Single by Bunga Citra Lestari
- Language: Indonesian
- Released: 20 March 2025
- Label: Bash; Visinema;
- Songwriter: Laleilmanino
- Producer: Laleilmanino

Jumbo singles chronology
| "Kumpul Bocah" (2025) | "Selalu Ada Di Nadimu" (2025) | "Dengar Hatimu" (2025) |

= Selalu Ada Di Nadimu =

"Selalu Ada Di Nadimu" is a song written by Laleilmanino for the 2025 animated film Jumbo. Two versions of the song performed in this film: a ballad version sung by Bunga Citra Lestari as the voice of Don's mother, and a children's version sung by Prince Poetiray and Quinn Salman as the voices of Don and Meri, respectively. The version by BCL was released as a single on 20 March 2025 through Bash Music, followed by Poetiray and Salman's version released two weeks later.

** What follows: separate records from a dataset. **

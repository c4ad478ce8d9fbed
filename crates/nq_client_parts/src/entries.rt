//! The entries of a step.

ghost use Rattle.std.specs.Prelude.{◌≡◌, ◌≤◌, ◌+◌, ◌++◌, [], ◌∷◌, length, map, reverse, OnOk};
ghost use Rattle.nq_base.specs.Plain.{plain};
ghost use Rattle.nq_client_parts.specs.Entries.{Tells};
ghost use Rattle.nq_client_parts.specs.Lost.{lost_entry};

use nq_base::{Entry, Journal, Losses, NoMemory, Who};
use std::alloc::Global;
use std::collections::VecDeque;
use std::marker::Model;

/// The entries that a step has made so far. Clauses see them with the newest first, and for how many more there is room.
#[derive(Drop)]
pub struct Entries {
    newest_first: VecDeque<Entry>,
}

impl Model for Entries {
    ghost use Rattle.std.specs.Prelude.{◌-◌, map};
    ghost use Rattle.std.specs.VecDeque.{deque_len, deque_capacity};
    ghost use Rattle.nq_base.specs.Plain.{plain};
    ghost use Rattle.nq_client_parts.specs.Entries.{Noted};

    ghost Value = { Noted };

    ghost view = { λ e. record { items = map plain e.newest_first.items; spare = deque_capacity e.newest_first - deque_len e.newest_first } };
}

impl Entries {
    /// No entries. It takes no memory.
    pub fn new(alloc: Global) -> Entries
        ensures { result.items ≡ [] }
    {
        Entries {
            newest_first: VecDeque::new(alloc),
        }
    }

    /// Makes room for `more` entries.
    pub fn reserve(&mut self, more: usize) -> Result<(), NoMemory>
        ensures items { self.new.items ≡ self.old.items }
        ensures room { OnOk result (more ≤ self.new.spare) }
    {
        self.newest_first.reserve(more)?;
        Ok(())
    }

    /// Notes an entry in room that is there.
    pub fn note(&mut self, entry: Entry)
        requires { 1 ≤ self.old.spare }
        ensures items { self.new.items ≡ plain entry ∷ self.old.items }
        ensures spare { self.old.spare ≡ self.new.spare + 1 }
    {
        self.newest_first.push_front_reserved(entry);
    }

    /// Notes losses in room that is there.
    #[tactic(auto, using(crate::proofs::Found::noted_more))]
    pub fn note_losses(&mut self, who: &Who, losses: &Losses)
        requires { length losses.now.items ≤ self.old.spare }
        ensures items { self.new.items ≡ reverse (map (lost_entry who.now) losses.now.items) ++ self.old.items }
        ensures spare { self.old.spare ≡ self.new.spare + length losses.now.items }
    {
        for place in 0..losses.len() {
            let loss = losses.get(place).unwrap();
            self.note(Entry::L {
                who: *who,
                file: loss.file,
                block: loss.block,
                first: loss.first,
                last: loss.last,
            });
        }
    }

    /// Moves all entries to the end of a journal that has room for them, the oldest first.
    pub fn tell(&mut self, log: &mut Journal)
        requires { length self.old.items ≤ log.old.spare }
        ensures empty { self.new.items ≡ [] }
        ensures told { Tells self.old.items log.old.entries log.new.entries }
    {
        tell(&mut self.newest_first, log);
    }
}

/// Moves entries, the newest first, to the end of a journal that has room for them.
fn tell(newest_first: &mut VecDeque<Entry>, log: &mut Journal)
    requires { length newest_first.old.items ≤ log.old.spare }
    ensures empty { newest_first.new.items ≡ [] }
    ensures told { Tells (map plain newest_first.old.items) log.old.entries log.new.entries }
{
    move_all(newest_first, log);
}

/// Moves entries to the end of a journal that has room for them, the last one first.
fn move_all(entries: &mut VecDeque<Entry>, log: &mut Journal)
    requires { length entries.old.items ≤ log.old.spare }
    ensures empty { entries.new.items ≡ [] }
    ensures moved { log.new.entries ≡ log.old.entries ++ reverse entries.old.items }
{
    while let Some(entry) = entries.pop_back() {
        log.push(entry).unwrap();
    }
}
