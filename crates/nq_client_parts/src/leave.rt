//! What the lease on a file lets its holder do.

ghost use Rattle.std.specs.Prelude.{◌≡◌};
ghost use Rattle.nq_model.specs.protocol.Client.{lease_on};
ghost use Rattle.nq_model.specs.protocol.Hear.{holds_caching};
ghost use Rattle.nq_model.specs.protocol.Send.{boot_of, shares_live};
ghost use Rattle.nq_client_parts.specs.HoldingLeases.{lease_of};
ghost use Rattle.nq_client_parts.specs.Leave.{leave_to_read, leave_to_write, lets_read_block, within};

use crate::holding::Held;
use crate::leases::Leases;
use nq_base::{BlockNo, FileId, Ticks};

/// What the lease on a file lets a call do with a block without a packet.
#[derive(Clone, Copy)]
pub enum Leave {
    /// Nothing: a request goes first.
    None,
    /// The block is not below the file's length.
    PastEnd,
    /// It goes on.
    Granted,
}

/// Whether a block is below a length.
fn within(blocks: u32, block: BlockNo) -> Leave
    ensures { result ≡ within blocks block }
{
    if blocks <= block.0 {
        Leave::PastEnd
    } else {
        Leave::Granted
    }
}

impl Leases {
    /// Whether a block may be read without a packet.
    pub fn leave_to_read(&self, time: Ticks, file: FileId, block: BlockNo) -> Leave
        ensures { result ≡ leave_to_read time block (lease_on file self.now.items) }
    {
        let held = self.on(file);
        match held.lease() {
            Some(lease) if held.caches(time) => within(lease.blocks, block),
            _ => Leave::None,
        }
    }

    /// Whether a write of a block may be delayed.
    pub fn leave_to_write(&self, time: Ticks, file: FileId, block: BlockNo) -> Leave
        ensures { result ≡ leave_to_write time block (lease_on file self.now.items) }
    {
        let held = self.on(file);
        match held.lease() {
            Some(lease) if held.delays(time) => within(lease.blocks, block),
            _ => Leave::None,
        }
    }

    /// Whether a lease is held that runs, lets its holder cache, and has the block.
    pub fn lets_read(&self, time: Ticks, file: FileId, block: BlockNo) -> bool
        ensures { result ≡ lets_read_block time block (lease_on file self.now.items) }
    {
        let held = self.on(file);
        match held.lease() {
            Some(lease) => held.caches(time) && block.0 < lease.blocks,
            None => false,
        }
    }

    /// Whether a non-caching lease is held that runs: the file is shared for writing.
    pub fn shares(&self, file: FileId, time: Ticks) -> bool
        ensures { result ≡ shares_live time (lease_on file self.now.items) }
    {
        shares(&self.on(file), time)
    }

    /// Whether a caching lease is held, live or not.
    pub fn holds_caching(&self, file: FileId) -> bool
        ensures { result ≡ holds_caching (lease_on file self.now.items) }
    {
        holds_caching(&self.on(file))
    }

    /// The boot of the lease under which writes are delayed, or 0.
    pub fn boot(&self, file: FileId) -> u32
        ensures { result ≡ boot_of (lease_on file self.now.items) }
    {
        boot_of(&self.on(file))
    }
}

/// Whether a live non-caching lease is held.
fn shares(held: &Held, now: Ticks) -> bool
    ensures { result ≡ shares_live now (lease_of held.now) }
{
    match held {
        Held::NonCaching(_) => held.live(now),
        Held::Nothing | Held::Reading(_) | Held::Writing(_) => false,
    }
}

/// Whether a caching lease is held, live or not.
fn holds_caching(held: &Held) -> bool
    ensures { result ≡ holds_caching (lease_of held.now) }
{
    match held {
        Held::Reading(_) | Held::Writing(_) => true,
        Held::Nothing | Held::NonCaching(_) => false,
    }
}

/// The boot of a lease.
fn boot_of(held: &Held) -> u32
    ensures { result ≡ boot_of (lease_of held.now) }
{
    match held {
        Held::Nothing => 0,
        Held::NonCaching(lease) | Held::Reading(lease) | Held::Writing(lease) => lease.tag.boot,
    }
}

== Background and composition ==
Laleilmanino wrote "Selalu Ada Di Nadimu" in 2021, while Prince Poetiray and Quinn Salman recorded a version of the song in 2022. Its lyrics described about wishing and heartwarming moments between parents and children. One of the songwriters, Nino Kayam, stated that the song was inspired by his father's death.

== Reception ==
"Selalu Ada Di Nadimu" was met with generally positive reviews by critics, who praised the song's arrangement. Liputan 6 described the song as "sweet, lovely and ear-catching".

== Commercial performance ==
=== Bunga Citra Lestari version ===
BCL's version of "Selalu Ada Di Nadimu" debuted at number nineteen on the Billboard Indonesia Songs chart dated 3 May 2025, then peaked at number seventeen on the chart dated 10 May and at number eleven on the chart dated 17 May.

=== Prince Poetiray and Quinn Salman version ===
Prince Poetiray and Quinn Salman's version of "Selalu Ada Di Nadimu" debuted at number nine on the Billboard Indonesia Songs chart dated 26 April 2025, then peaked at number three on the chart dated 3 May.

== Live performances ==
On 19 May 2025, BCL performed "Selalu Ada Di Nadimu" on the result and reunion show of Indonesian Idol season 13. On 2 August 2025, it became a "surprise song" on the sixteenth Simfoni Untuk Bangsa concert titled "8 Dekade Musik Indonesia". On 9 December, "Selalu Ada Di Nadimu" is included on the set list of Erwin Gutawa's Symphonesia: Viral concert.

== Charts ==
=== Bunga Citra Lestari version ===

Weekly chart performance for "Selalu Ada Di Nadimu"
| Chart (2025) | Peak position |
|---|---|
| Indonesia (IFPI) | 14 |
| Indonesia (Billboard) | 11 |

=== Prince Poetiray and Quinn Salman version ===

Weekly chart performance for "Selalu Ada Di Nadimu"
| Chart (2025) | Peak position |
|---|---|
| Indonesia (IFPI) | 5 |
| Indonesia (Billboard) | 3 |

== Other versions ==
In April 2025, TikTok influencer Elmerrybs uploaded a Korean cover of "Selalu Ada Di Nadimu" which went viral. Jumbo director Ryan Adriandhy reposted that video on his X account. The same month, Visinema announced a cover of the song by Ariel Noah.

== Awards and nominations ==
"Selalu Ada Di Nadimu" became the first song from an animated film to won 4 AMI Awards for Best Newcomer, Best Production Work for Visual Media, Best Children's Duo, Group or Collaboration, and Best Children's Songwriter. It was also nominated for Production Work of the Year, Best Music Director for Children's Songs, Best Collaboration Production Work and Best Record Producer categories at the same award. This song was also nominated for Citra Award for Best Theme Song at the 2025 Indonesian Film Festival, but lost to "Terbuang dalam Waktu" from Sore: Wife from the Future, leading to controversy. It was also nominated for Song of the Year, Collaboration of the Year and Songwriter of the Year at the 2025 Indonesian Music Awards.